Trial 2 beta diversity was significantly different between high (red) and low (blue) FCR birds microbial communities. (A) Unweighted (p = 0.0019) and (B) Weighted Unifrac (p = 0.0072) at an OTU level as well as Canberra beta diversity at a (C) genus (p = 0.0055) and (D) family (p = 1.8E^-4) levels were separating high and low FCR birds.

FIGURE 6

Some of the significantly (FCR) differential genera and OTUs in Trial 2. Genus Clostridium significantly correlated with poor performing (high FCR) birds is of the lineage Clostridiaceae/Clostridium. The closest cultured strain to OTU36419 was Ruminococcus albus (similarity 90.06%), to OTU28886 Lactobacillus reuteri (98.98%) and to OTU35934 C. cellobioparum (83.13%).

FIGURE 7

Different members of the genus Clostridium correlate with growth performance in different trials.

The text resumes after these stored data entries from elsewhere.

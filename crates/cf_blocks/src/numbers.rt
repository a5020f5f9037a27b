//! The models of a netlist with their signals numbered.

ghost use Rattle.std.specs.Prelude.{◌≡◌, ◌<◌, false, length, map, slice_index_or, IfOk, IfSome, MatchOption};
ghost use Rattle.cf_circuits.specs.Links.{is_among, no_model, callee as callee_of, is_output as output_of, names_of};
ghost use Rattle.cf_links.specs.Directories.{IsPlace, model_at};
ghost use Rattle.cf_model.specs.Renumbering.{AllDiffer};
ghost use Rattle.cf_blocks.specs.Numbering.{number as number_of};
ghost use Rattle.cf_blocks.specs.Once.{DriveOnce};

use crate::NoMemory;
use crate::books::{books_of, number_in};
use cf_circuits::models::ModelDef;
use cf_circuits::pins::Call;
use cf_links::directory::Directory;
use cf_names::{Name, NameBook};
use cf_order::Wires;
use std::alloc::Global;
use std::marker::Model;

/// The models of a netlist, found by their names, and their signals, numbered by their places.
#[derive(Drop)]
pub(crate) struct Numbers<'a> {
    directory: Directory<'a>,
    books: Vec<NameBook>,
}

impl<'a> Model for Numbers<'a> {
    ghost use Rattle.std.specs.Prelude.{◌≡◌, List, map};
    ghost use Rattle.cf_circuits.specs.declared.models.ModelDef.{ModelDef};
    ghost use Rattle.cf_circuits.specs.Expansions.{signals};

    ghost Value = { List ModelDef };

    ghost view = { λ n. n.directory };

    ghost invariant = { λ n. n.books.items ≡ map (signals n.directory) n.directory };
}

impl<'a> Numbers<'a> {
    /// The numbers of the signals of models whose names differ and none of which drives a signal
    /// twice.
    pub fn new(alloc: Global, models: &'a [ModelDef]) -> Result<Numbers<'a>, NoMemory>
        requires differ { AllDiffer (names_of models.now) }
        requires once { DriveOnce models.now }
        ensures { IfOk result (λ numbers. numbers ≡ models.now) }
    {
        let directory = Directory::new(alloc, models)?;
        let books = books_of(alloc, &directory)?;
        Ok(Numbers { directory, books })
    }

    /// The models in order.
    pub fn models(&self) -> &'a [ModelDef]
        ensures { result.now ≡ self.now }
    {
        self.directory.models()
    }

    /// The place of the model with a name.
    pub fn place(&self, name: &[u8]) -> Option<usize>
        ensures { MatchOption result
            (is_among (names_of self.now) name.now ≡ false)
            (IsPlace self.now name.now) }
    {
        self.directory.place(name)
    }

    /// The place of the model that a call calls, if it is there.
    pub fn callee(&self, call: &Call) -> Option<usize>
        ensures within { IfSome result (λ at. at < length self.now) }
        ensures model { model_at self.now result ≡ callee_of self.now call.now }
    {
        self.directory.callee(call)
    }

    /// Whether the model at a place has an output with a name that isn't an input too.
    pub fn is_output(&self, model: usize, name: &[u8]) -> bool
        requires { model < length self.now }
        ensures { result ≡ output_of (slice_index_or self.now model no_model) name.now }
    {
        self.directory.is_output(model, name)
    }

    /// The number of a signal of the model at a place.
    pub fn number(&self, model: usize, name: &[u8]) -> u64
        requires { model < length self.now }
        ensures { result
            ≡ number_of self.now (slice_index_or self.now model no_model) name.now }
    {
        number_in(&self.books[model], name)
    }

    /// The numbers of signals of the model at a place.
    pub fn number_all(&self, alloc: Global, model: usize, names: &[Name]) -> Result<Wires, NoMemory>
        requires { model < length self.now }
        ensures { IfOk result (λ wires. wires
            ≡ map (number_of self.now (slice_index_or self.now model no_model)) names.now) }
    {
        let mut wires = Vec::with_capacity(alloc, names.len())?;
        for name in names {
            wires.push(self.number(model, name.bytes()))?;
        }
        Ok(Wires::of(wires))
    }
}
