//! The models of a netlist as blocks with numbered signals.
#![tactic(auto)]

ghost use Rattle.std.specs.Prelude.{◌≡◌, ◌<◌, All, length, slice_index_or, IfOk};
ghost use Rattle.cf_circuits.specs.Kept.{IsCall, IsNetlist};
ghost use Rattle.cf_circuits.specs.Links.{no_model};
ghost use Rattle.cf_circuits.specs.LinkFaults.{weights_of as weights};
ghost use Rattle.cf_circuits.specs.Expansions.{signals};
ghost use Rattle.cf_circuits.specs.Roots.{root};
ghost use Rattle.cf_links.specs.Faults.{HasNoNameFault};
ghost use Rattle.cf_blocks.specs.Numbering.{block_of as numbered, blocks_of as all_numbered};

mod books;
mod calls;
mod drivers;
mod numbers;

use crate::books::book_of;
pub use crate::books::number_in;
use crate::calls::calls_of;
use crate::drivers::drivers_of;
use crate::numbers::Numbers;
use cf_circuits::models::ModelDef;
use cf_hierarchy::Block;
use cf_links::directory::Directory;
use cf_names::NameBook;
use std::alloc::{AllocError, Global};

/// There was no memory.
pub type NoMemory = std::alloc::AllocError;

/// The models of a netlist without faults of names, as blocks in their order. The signals of a
/// model are numbered: its inputs, its gates' outputs, and what its calls drive. The covers of all
/// gates are numbered, model after model.
pub fn blocks_of(alloc: Global, models: &[ModelDef]) -> Result<Vec<Block>, NoMemory>
    requires netlist { IsNetlist models.now }
    requires no_fault { HasNoNameFault models.now }
    ensures { IfOk result (λ blocks. blocks.items ≡ all_numbered models.now) }
{
    let numbers = Numbers::new(alloc, models)?;
    let mut blocks = Vec::with_capacity(alloc, models.len())?;
    let mut cover = 0u64;
    for (at, model) in models.iter().enumerate() {
        blocks.push(block_of(alloc, &numbers, at, cover)?)?;
        let Some(after) = cover.checked_add(model.gates.items().len() as u64) else {
            return Err(AllocError);
        };
        cover = after;
    }
    Ok(blocks)
}

/// The model at a place as a block. Its covers are numbered from `cover` on.
fn block_of(alloc: Global, numbers: &Numbers, at: usize, cover: u64) -> Result<Block, NoMemory>
    requires place { at < length numbers.now }
    requires calls { All IsCall (slice_index_or numbers.now at no_model).calls }
    ensures { let model = slice_index_or numbers.now at no_model in
        IfOk result (λ block. block ≡ numbered numbers.now cover model) }
{
    let model = &numbers.models()[at];
    Ok(Block {
        drivers: drivers_of(alloc, numbers, at, cover)?,
        calls: calls_of(alloc, numbers, at, model.calls.items())?,
    })
}

/// How many gates and calls each model has.
pub fn weights_of(alloc: Global, models: &[ModelDef]) -> Result<Vec<u64>, NoMemory>
    ensures { IfOk result (λ all. all.items ≡ weights models.now) }
{
    let mut all = Vec::with_capacity(alloc, models.len())?;
    for model in models {
        let gates = model.gates.items().len() as u64;
        let calls = model.calls.items().len() as u64;
        let Some(weight) = gates.checked_add(calls) else {
            return Err(AllocError);
        };
        all.push(weight)?;
    }
    Ok(all)
}

/// The signals of the first model, each by its number.
pub fn root_signals(alloc: Global, models: &[ModelDef]) -> Result<NameBook, NoMemory>
    requires netlist { IsNetlist models.now }
    requires no_fault { HasNoNameFault models.now }
    ensures { IfOk result (λ book. book ≡ signals models.now (root models.now)) }
{
    let directory = Directory::new(alloc, models)?;
    book_of(alloc, &directory, &models[0])
}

In this analysis all genera listed as Clostridium were merged and the correlation of total Clostridium abundance is shown in stripcharts for Trial 1 (top row) and Trial 2 (bottom row); there were no differences in Trial 3. Clostridium species had lineages split between families Clostridiaceae, Ruminococcaceae, Lachnospiraceae, and Eryspelotrichaceae. The trial 1 Clostridium community, with no members of the Clostridiaceae/Clostridium lineage (blue on the barchart above), correlated with improved FCR and slightly reduction in FE and increased GR. In Trial 2 (and more so in Trial 3), the Clostridiaceae lineage of Clostridium gave non-significant differences in the opposite FCR direction.

FIGURE 8

Feed conversion ratio associated OTUs have variable correlations with FE and GR performance. Bacteria correlated in abundance with good (low) FCR levels were generally also correlated with good (high) GR levels but showed no significant correlation with either high or low FE. (Top row) the family Catabacteriaceae from Trial 2. (Second row) Ruminococcus from Trial 1. (Third row) Faecalibacterium from Trial 1. (Fourth row) in Trial 2 the Lactobacillus genera was associated with poor FCR performance but showed no significant correlation with either FE or GR levels.